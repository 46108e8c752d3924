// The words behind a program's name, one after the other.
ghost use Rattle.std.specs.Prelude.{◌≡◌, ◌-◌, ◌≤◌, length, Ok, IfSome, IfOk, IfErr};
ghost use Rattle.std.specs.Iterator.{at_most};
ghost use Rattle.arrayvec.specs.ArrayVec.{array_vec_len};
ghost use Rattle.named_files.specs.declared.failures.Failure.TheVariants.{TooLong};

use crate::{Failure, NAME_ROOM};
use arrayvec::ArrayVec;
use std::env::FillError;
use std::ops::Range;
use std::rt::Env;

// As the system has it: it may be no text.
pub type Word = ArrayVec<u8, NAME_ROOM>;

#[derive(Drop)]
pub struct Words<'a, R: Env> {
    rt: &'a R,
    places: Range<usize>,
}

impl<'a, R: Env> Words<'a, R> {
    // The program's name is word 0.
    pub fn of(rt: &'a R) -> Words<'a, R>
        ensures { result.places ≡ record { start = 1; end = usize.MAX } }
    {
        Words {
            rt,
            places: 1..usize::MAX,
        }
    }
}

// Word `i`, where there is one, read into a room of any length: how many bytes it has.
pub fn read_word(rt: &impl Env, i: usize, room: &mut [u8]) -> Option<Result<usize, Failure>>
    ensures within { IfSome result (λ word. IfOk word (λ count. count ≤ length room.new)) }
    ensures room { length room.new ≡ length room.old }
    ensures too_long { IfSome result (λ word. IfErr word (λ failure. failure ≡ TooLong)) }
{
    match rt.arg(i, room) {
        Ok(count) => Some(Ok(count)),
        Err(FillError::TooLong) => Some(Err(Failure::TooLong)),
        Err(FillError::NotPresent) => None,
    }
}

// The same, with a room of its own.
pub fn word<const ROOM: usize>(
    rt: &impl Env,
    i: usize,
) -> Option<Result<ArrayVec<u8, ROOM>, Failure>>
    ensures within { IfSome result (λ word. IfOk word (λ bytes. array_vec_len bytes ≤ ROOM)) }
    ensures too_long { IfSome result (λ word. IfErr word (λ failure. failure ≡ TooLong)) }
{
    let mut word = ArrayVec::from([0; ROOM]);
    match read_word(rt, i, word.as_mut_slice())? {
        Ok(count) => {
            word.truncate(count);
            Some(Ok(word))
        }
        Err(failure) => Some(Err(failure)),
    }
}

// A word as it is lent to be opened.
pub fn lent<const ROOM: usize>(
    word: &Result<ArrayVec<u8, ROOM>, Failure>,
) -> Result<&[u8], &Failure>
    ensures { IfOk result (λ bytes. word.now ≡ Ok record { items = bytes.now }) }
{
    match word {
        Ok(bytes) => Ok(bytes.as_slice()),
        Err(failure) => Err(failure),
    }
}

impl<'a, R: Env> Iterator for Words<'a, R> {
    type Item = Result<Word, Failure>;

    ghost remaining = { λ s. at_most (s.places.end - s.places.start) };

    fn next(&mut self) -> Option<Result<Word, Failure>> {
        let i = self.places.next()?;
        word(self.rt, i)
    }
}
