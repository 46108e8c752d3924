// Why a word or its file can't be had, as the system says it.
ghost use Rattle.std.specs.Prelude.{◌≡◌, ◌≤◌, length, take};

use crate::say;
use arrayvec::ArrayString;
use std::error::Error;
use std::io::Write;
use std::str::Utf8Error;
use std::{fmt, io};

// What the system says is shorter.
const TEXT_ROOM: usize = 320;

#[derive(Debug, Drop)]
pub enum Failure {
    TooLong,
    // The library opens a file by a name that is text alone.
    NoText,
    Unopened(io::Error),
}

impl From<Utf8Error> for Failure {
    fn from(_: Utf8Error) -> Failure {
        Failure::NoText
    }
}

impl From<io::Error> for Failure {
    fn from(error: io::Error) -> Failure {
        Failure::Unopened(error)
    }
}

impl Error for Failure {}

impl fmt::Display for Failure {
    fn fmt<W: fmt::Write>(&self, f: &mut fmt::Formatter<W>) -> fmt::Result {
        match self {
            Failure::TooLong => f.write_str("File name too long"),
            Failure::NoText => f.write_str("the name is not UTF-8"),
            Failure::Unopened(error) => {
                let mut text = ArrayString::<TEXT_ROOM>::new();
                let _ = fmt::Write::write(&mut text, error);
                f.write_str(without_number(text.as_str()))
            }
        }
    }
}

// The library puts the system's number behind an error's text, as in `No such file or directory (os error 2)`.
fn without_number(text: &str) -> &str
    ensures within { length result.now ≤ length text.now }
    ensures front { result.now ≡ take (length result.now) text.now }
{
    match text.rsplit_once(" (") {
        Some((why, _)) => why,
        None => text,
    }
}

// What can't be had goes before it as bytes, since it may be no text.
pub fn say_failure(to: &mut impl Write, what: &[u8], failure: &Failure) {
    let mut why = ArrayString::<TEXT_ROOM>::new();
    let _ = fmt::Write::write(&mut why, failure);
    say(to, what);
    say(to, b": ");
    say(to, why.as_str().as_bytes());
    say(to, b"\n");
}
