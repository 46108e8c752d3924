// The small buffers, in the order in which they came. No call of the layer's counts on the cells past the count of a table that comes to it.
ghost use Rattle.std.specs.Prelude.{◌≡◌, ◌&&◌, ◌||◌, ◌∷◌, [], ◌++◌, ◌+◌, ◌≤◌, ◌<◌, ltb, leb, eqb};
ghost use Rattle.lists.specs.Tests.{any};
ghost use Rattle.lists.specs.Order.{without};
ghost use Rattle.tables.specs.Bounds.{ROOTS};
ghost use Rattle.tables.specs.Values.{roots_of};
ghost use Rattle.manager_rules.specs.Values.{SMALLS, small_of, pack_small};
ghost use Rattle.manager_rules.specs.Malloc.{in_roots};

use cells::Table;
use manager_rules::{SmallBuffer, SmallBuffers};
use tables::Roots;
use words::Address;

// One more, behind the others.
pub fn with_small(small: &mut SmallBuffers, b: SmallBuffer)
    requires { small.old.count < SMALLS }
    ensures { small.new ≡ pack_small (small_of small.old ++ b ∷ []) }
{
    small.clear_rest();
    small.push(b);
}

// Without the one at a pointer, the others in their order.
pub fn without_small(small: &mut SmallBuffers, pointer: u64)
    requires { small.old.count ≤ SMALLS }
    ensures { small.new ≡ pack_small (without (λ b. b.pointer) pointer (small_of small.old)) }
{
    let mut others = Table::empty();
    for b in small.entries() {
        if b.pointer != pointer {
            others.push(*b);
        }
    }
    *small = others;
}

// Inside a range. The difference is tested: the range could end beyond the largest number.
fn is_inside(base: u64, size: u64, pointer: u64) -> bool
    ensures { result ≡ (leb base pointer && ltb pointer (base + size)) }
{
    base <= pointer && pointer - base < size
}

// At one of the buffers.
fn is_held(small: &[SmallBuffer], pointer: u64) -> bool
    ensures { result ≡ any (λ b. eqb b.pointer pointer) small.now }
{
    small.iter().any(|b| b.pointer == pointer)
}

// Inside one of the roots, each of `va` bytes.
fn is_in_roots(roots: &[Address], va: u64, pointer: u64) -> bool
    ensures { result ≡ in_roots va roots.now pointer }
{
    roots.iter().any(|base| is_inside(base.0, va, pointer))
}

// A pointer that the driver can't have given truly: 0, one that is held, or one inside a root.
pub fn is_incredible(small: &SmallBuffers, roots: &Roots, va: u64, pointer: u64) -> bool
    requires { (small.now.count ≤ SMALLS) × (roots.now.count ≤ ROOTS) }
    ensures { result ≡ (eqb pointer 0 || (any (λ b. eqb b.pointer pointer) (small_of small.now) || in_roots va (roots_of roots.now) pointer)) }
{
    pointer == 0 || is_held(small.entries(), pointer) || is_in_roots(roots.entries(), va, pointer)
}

--

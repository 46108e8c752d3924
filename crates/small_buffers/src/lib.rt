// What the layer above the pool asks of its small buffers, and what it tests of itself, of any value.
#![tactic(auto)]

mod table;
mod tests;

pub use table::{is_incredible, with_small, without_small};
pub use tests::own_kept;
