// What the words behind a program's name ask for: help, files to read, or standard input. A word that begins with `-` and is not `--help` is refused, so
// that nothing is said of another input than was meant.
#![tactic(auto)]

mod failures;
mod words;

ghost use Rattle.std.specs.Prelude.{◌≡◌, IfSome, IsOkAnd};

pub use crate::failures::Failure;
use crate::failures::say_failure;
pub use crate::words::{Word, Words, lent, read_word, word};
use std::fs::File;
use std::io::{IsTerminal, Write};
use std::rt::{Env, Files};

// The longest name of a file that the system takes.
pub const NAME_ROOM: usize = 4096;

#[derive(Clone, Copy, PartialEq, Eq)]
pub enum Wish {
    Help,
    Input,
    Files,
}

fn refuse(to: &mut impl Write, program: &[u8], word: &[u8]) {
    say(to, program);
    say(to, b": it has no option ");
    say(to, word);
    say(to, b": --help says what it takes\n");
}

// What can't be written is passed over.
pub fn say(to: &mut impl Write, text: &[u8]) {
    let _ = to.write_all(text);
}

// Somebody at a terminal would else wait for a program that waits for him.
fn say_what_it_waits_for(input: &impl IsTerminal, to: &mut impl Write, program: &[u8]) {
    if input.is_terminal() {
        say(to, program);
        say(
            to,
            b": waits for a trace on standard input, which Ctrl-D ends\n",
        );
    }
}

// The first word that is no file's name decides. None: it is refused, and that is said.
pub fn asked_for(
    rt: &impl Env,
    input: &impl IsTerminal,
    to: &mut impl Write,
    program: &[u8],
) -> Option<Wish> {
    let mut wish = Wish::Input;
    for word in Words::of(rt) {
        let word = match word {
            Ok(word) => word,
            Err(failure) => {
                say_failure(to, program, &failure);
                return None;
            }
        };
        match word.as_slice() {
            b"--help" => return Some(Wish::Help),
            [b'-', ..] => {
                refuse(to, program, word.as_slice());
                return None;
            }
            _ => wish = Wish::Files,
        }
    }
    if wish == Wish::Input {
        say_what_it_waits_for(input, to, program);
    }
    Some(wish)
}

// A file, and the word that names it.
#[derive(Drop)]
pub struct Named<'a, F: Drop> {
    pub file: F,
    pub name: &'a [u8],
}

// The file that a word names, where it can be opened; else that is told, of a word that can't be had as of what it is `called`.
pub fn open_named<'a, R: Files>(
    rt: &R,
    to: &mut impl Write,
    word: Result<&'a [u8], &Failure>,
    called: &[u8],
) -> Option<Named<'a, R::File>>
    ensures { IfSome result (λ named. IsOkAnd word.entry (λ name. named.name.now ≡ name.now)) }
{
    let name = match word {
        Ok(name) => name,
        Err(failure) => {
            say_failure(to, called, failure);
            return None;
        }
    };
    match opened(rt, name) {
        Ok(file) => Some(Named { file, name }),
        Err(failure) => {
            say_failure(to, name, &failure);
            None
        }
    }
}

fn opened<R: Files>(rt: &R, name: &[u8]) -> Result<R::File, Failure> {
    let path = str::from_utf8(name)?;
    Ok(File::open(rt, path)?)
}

---

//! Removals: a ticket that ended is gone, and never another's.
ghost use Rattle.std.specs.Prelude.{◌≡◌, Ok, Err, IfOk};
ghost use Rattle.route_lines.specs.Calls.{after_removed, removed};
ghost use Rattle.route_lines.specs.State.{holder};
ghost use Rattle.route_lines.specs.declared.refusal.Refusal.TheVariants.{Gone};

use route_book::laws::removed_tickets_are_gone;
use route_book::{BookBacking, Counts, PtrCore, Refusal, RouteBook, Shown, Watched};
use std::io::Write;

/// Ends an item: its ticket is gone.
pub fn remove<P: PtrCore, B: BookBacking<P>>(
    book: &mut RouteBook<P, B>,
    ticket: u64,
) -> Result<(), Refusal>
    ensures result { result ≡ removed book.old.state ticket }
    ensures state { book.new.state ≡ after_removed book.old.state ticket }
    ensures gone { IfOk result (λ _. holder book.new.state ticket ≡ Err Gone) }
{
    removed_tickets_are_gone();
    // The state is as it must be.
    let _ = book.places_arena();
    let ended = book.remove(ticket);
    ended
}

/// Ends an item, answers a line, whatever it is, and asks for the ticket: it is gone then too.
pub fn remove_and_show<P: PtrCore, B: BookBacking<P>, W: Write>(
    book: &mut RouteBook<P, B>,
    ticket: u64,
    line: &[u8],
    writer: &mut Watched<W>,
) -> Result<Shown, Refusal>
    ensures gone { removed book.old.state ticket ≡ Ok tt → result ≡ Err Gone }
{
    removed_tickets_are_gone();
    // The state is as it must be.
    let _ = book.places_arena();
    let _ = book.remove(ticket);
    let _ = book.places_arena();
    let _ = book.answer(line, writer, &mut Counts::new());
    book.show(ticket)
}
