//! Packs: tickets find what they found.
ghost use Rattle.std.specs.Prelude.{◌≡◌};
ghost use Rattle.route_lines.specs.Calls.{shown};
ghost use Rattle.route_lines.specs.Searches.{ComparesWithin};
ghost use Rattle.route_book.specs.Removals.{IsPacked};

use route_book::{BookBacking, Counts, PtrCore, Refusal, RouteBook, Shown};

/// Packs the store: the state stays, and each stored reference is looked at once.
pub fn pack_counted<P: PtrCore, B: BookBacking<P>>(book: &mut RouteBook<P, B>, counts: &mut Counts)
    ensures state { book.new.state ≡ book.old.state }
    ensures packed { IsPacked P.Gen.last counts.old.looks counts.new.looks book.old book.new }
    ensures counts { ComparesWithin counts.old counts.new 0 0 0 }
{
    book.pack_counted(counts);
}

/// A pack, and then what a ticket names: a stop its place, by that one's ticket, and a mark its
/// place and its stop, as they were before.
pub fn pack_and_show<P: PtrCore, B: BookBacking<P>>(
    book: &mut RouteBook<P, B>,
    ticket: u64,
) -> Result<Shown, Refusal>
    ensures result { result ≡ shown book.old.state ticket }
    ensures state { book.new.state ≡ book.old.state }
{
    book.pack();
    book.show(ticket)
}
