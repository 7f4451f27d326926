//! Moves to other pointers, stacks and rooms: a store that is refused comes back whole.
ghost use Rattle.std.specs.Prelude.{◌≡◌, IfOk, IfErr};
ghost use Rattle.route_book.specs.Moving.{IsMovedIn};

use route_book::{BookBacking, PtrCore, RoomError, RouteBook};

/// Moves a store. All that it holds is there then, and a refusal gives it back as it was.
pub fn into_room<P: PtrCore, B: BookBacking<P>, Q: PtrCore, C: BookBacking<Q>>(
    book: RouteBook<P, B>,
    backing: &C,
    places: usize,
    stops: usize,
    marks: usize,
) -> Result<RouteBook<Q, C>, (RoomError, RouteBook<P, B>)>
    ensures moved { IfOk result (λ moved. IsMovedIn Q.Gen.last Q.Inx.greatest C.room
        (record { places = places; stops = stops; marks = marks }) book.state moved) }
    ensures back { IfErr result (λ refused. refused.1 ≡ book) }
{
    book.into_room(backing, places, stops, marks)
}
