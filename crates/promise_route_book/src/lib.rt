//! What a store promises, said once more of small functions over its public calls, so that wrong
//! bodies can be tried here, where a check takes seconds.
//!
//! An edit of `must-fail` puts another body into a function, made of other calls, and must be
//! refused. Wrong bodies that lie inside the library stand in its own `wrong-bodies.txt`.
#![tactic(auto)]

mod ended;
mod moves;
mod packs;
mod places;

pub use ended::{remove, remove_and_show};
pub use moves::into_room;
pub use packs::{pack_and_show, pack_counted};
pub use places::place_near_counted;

_WHAT IS BEING ASKED:_ For the records above, state how many lines include "holder", giving no more than the number.

_EXERCISE SOLUTION:_ 2